お客様のリクエストでアンティークレンガの立水栓を作りました。
今回使ったのはベルギー産のアンティークレンガです。
19世紀ごろのブルージュ地方で使われていた物のようです。
ブルージュ地方。
ああ、あそこね。
・・・・・・、いや、どこでしょうか?
すみません。

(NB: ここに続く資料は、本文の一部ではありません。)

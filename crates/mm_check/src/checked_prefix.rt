//! `mm show --known`: the steps of a proof up to its first fault or `?`.

ghost use Rattle.std.specs.Prelude.{◌≡◌, ◌≤◌, ℕ, List, map, length, take, true, IfOk};
ghost use Rattle.std.specs.List.{sum_by};
ghost use Rattle.mm_base.specs.MostBytes.{most_bytes};
ghost use Rattle.mm_text.specs.Files.{plain_file};
ghost use Rattle.mm_base.specs.Statement.{plain_statement};
ghost use Rattle.mm_base.specs.Token.{plain_token};
ghost use Rattle.mm_frame.specs.Sentence.{Sentence};
ghost use Rattle.mm_step.specs.declared.profile.Profile.TheVariants.{Lenient};
ghost use Rattle.mm_proof.specs.CheckedPrefix.{checked_prefix};
ghost use Rattle.mm_proof.specs.Parsed.{OfProof, SaySteps};
ghost use Rattle.mm_step.specs.Plain.{token_texts};
ghost use Rattle.mm_step.specs.Steps.{AreSteps, IsProofNumber};
ghost use Rattle.mm_proof.specs.Tokens.{is_incomplete};
ghost use Rattle.mm_proof.specs.UnderProfile.{IsPrefixAllowedUnder};
ghost use Rattle.mm_verdict.specs.declared.question.Telling.{Telling};
ghost use Rattle.mm_check.specs.Alone.{AreStepsBefore};
ghost use Rattle.mm_facts.specs.Explained.{judged_tokens};
ghost use Rattle.mm_facts.specs.Explained.{IsTokensFault};
ghost use Rattle.mm_explain.specs.Mirror.Reached.{HasReached};
ghost use Rattle.mm_check.specs.Reply.{IsKnownFault, IsCheckedPrefix, IsKnownReply};
ghost use Rattle.mm_check.specs.Told.{TellsMoves};
ghost use Rattle.mm_rules.specs.Status.{number_of};
ghost use Rattle.mm_rules.specs.Verdict.{proof_of};

use crate::told::told_before;
use mm_base::{File, Token};
use mm_explain::{Reached, judged_steps, push_head};
use mm_facts::{cause_of, fault_place, push_cause, push_left_over};
use mm_frame::{Book, LabelId};
use mm_listing::halt_of;
use mm_proof::Steps;
use mm_rules::{LineCount, Rule, Status, refusal};
use mm_step::{Profile, ProofFault, ProofRule};
use mm_verdict::{Reply, Telling, push_refusal, refusal_status};
use std::alloc::{AllocError, Global};

/// The reply where the proof, or what is known of it, is at fault: the lines of the steps before
/// the fault, the refusal, and what explains it.
fn fault_reply(
    alloc: Global,
    files: &[File],
    reached: &Reached,
    tokens: &[Token],
    lines: Vec<u8>,
    fault: (ProofRule, usize),
) -> Result<Reply, AllocError>
    requires reached { (label : List ℕ) × HasReached (map plain_file files.now) label reached.now }
    requires tokens { token_texts tokens.now ≡ proof_of (plain_statement reached.now.statement) }
    requires placed { map plain_token tokens.now ≡ (plain_statement reached.now.statement).proof }
    requires room { sum_by length (token_texts tokens.now) ≤ most_bytes }
    requires fault { OfProof reached.now.book.statements reached.now.id.0 (λ index s.
        IsTokensFault Lenient (take index reached.now.book.statements) s (token_texts tokens.now)
        fault.0 fault.1) }
    ensures { IfOk result (λ reply. (telling : Telling)
        → OfProof reached.now.book.statements reached.now.id.0 (λ index s.
        AreStepsBefore telling (map plain_file files.now)
        (take index reached.now.book.statements) s (map plain_token tokens.now) fault.1
        lines.items)
        → (label : List ℕ) (r : HasReached (map plain_file files.now) label reached.now)
        → IsKnownFault telling (map plain_file files.now) r.before
        (plain_statement reached.now.statement) reply.text.items (number_of reply.status)) }
{
    let rule = Rule::Proof(fault.0);
    let mut counted = LineCount::new(files);
    let refusal = refusal(
        &mut counted,
        reached.before,
        &reached.statement,
        rule,
        fault.1,
    );
    let book = &reached.book;
    let profile = Profile::Lenient;
    let cause = cause_of(alloc, files, profile, book, reached.id, tokens, fault)?;
    let mut text = lines;
    push_refusal(&mut text, files, &refusal)?;
    let at = fault_place(&reached.statement, &cause);
    push_head(&mut text, files, at, &refusal)?;
    push_cause(&mut text, alloc, profile, book, reached.id, &cause, fault.0)?;
    Ok(Reply {
        text,
        status: refusal_status(rule),
    })
}

/// The reply where the checked prefix of the proof breaks no rule: the lines of its steps, and what
/// it leaves on the stack.
fn prefix_reply(
    alloc: Global,
    files: &[File],
    book: &Book,
    id: LabelId,
    tokens: &[Token],
    lines: Vec<u8>,
) -> Result<Reply, AllocError>
    requires proof { (index : ℕ) × (s : Sentence) × IsProofNumber book.now.statements id.0 index s }
    requires room { sum_by length (token_texts tokens.now) ≤ most_bytes }
    requires incomplete { is_incomplete (token_texts tokens.now) ≡ true }
    requires allowed { OfProof book.now.statements id.0 (λ index s.
        IsPrefixAllowedUnder Lenient (take index book.now.statements) s (token_texts tokens.now)) }
    ensures { IfOk result (λ reply. (telling : Telling)
        → OfProof book.now.statements id.0 (λ index s.
        TellsMoves telling (map plain_file files.now) (take index book.now.statements) s
        (map plain_token tokens.now) (checked_prefix (token_texts tokens.now)) lines.items)
        → OfProof book.now.statements id.0 (λ index s.
        IsCheckedPrefix telling (map plain_file files.now) (take index book.now.statements) s
        (map plain_token tokens.now) reply.text.items (number_of reply.status))) }
{
    let mut text = lines;
    push_left_over(&mut text, alloc, files, Profile::Lenient, book, id, tokens)?;
    Ok(Reply {
        text,
        status: Status::Incomplete,
    })
}

/// The reply where these are the steps of the proof, or of its checked prefix.
fn steps_reply(
    alloc: Global,
    files: &[File],
    reached: &Reached,
    tokens: &[Token],
    steps: &Steps,
    telling: Telling,
) -> Result<Reply, AllocError>
    requires reached { (label : List ℕ) × HasReached (map plain_file files.now) label reached.now }
    requires tokens { token_texts tokens.now ≡ proof_of (plain_statement reached.now.statement) }
    requires placed { map plain_token tokens.now ≡ (plain_statement reached.now.statement).proof }
    requires room { sum_by length (token_texts tokens.now) ≤ most_bytes }
    requires said { OfProof reached.now.book.statements reached.now.id.0 (λ index s.
        SaySteps reached.now.book.statements index s (judged_tokens (token_texts tokens.now))
        steps.now.moves) }
    requires usable { AreSteps reached.now.book.statements reached.now.id.0 steps.now.moves }
    requires prefix { steps.now.prefix ≡ is_incomplete (token_texts tokens.now) }
    requires profile { steps.now.profile ≡ Lenient }
    ensures { IfOk result (λ reply. (label : List ℕ)
        (r : HasReached (map plain_file files.now) label reached.now)
        → IsKnownReply telling (map plain_file files.now) r.before
        (plain_statement reached.now.statement) reply.text.items (number_of reply.status)) }
{
    let halt = halt_of(alloc, &reached.book, reached.id, steps)?;
    let front = (halt.passed, telling);
    let lines = told_before(
        alloc,
        files,
        &reached.book,
        reached.id,
        tokens,
        steps,
        front,
    )?;
    match halt.rule {
        Some(rule) => {
            let fault = (rule, halt.steps + 1);
            fault_reply(alloc, files, reached, tokens, lines, fault)
        }
        None if steps.is_prefix() => {
            prefix_reply(alloc, files, &reached.book, reached.id, tokens, lines)
        }
        None => Ok(Reply {
            text: lines,
            status: Status::Done,
        }),
    }
}

/// The reply how the theorem is proved, as far as that is known.
pub fn known_reply(
    alloc: Global,
    files: &[File],
    reached: &Reached,
    telling: Telling,
) -> Result<Reply, AllocError>
    requires { (label : List ℕ) × HasReached (map plain_file files.now) label reached.now }
    ensures { IfOk result (λ reply. (label : List ℕ)
        (r : HasReached (map plain_file files.now) label reached.now)
        → IsKnownReply telling (map plain_file files.now) r.before
        (plain_statement reached.now.statement) reply.text.items (number_of reply.status)) }
{
    let tokens = &reached.statement.proof;
    match judged_steps(alloc, &reached.book, reached.id, tokens) {
        Ok(steps) => steps_reply(alloc, files, reached, tokens, &steps, telling),
        Err(ProofFault::Rule { rule, step }) => {
            fault_reply(alloc, files, reached, tokens, Vec::new(alloc), (rule, step))
        }
        Err(ProofFault::Memory) => Err(AllocError),
    }
}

知らない街ですが。
運河が張り巡らされた美しい街だそうです。
さっそくグーグルアースで覗いてみました。
とっても素敵な街ですね。
石畳とレンガの街って感じで、しばしバーチャル街歩き。
世界中が旅できるってきっと素敵なことなんだろうなぁ、
あぁ、一生で一度は行ってみたいなぁ・・・。
って、毎回思うけど、
この前はどこの街をバーチャル街歩きしたのかはもう覚えていない。
こんな町からやってきたんだなぁって思いながら書こうかな。
このベルギー産のアンティークレンガ。
・・・・くせがスゴイ。
アンティークということは、使っていたレンガな訳でして
モルタルがついているものやくっついていたものを剥がすときに
欠けてしまったもの。
そもそも横から見ると反り橋のように曲がっているものや
上から見ると扇形のように曲がっているもの。
色々あるんです。
こんなもの、(といったら失礼ですが)で良くあの美しいレンガの街を作れるなってくらい
あちらに曲がり、こちらにひねり。
最終的な立水栓の高さ、蛇口の位置を考えて、一枚のおおよその厚みから割り付けして
レンガ積みをスタートするのですが、
2段ほど並べると、、、
もう水平じゃない。
こちらを水平にするとあちらが跳ねる。
そんな感じで。
日本の大手メーカーのレンガってほとんどサイズのばらつきが無いんです。
「タンブル仕上げ」なんていうあえて崩してあるようなレンガでさえ
全体としてはくるいが無い。
こちらの技術もすごいな、と思いますが。
うん、これは、
自然石を積み上げる感じで仕事をするべきだな。
僕は、僕の親方をはじめ、諸先輩方からよく
「上手にぬすむんやで」
って教わりました。
「ぬすむ」
もちろん「盗む」のことでしょうが、
水平でないものを水平に見せる。
いびつな形なものどうしを組み合わせてもきれいな四角に見せる。
目地を均一(なよう)に見せる。
こんな作業を「ぬすむ」と言っていたように解釈しています。
今回もうまく「ぬすんで」。
こんなとき、
あえて凸凹をデコボコとして見せる方がいいかな?
わざとモルタルがべったり残っているところを見せるように積もうかな?
っと、思うのですが。
きっとわざとらしさがでてしまって、かえって美しくないような気がして。
不整形なものを整形に見せる仕事をして、
全体としては微妙なバランスで美しく見える。
これが本来の使い方かなぁ、
と思い作ってみました。
どうでしょうか?
っと、書いたところで、もう一度
グーグルアースで街を見てみる。
きれいだなぁ
この昔のレンガを使って美しい街並みを作りあげた職人さんに
思いをはせて、
19世紀にバーチャルトリップ。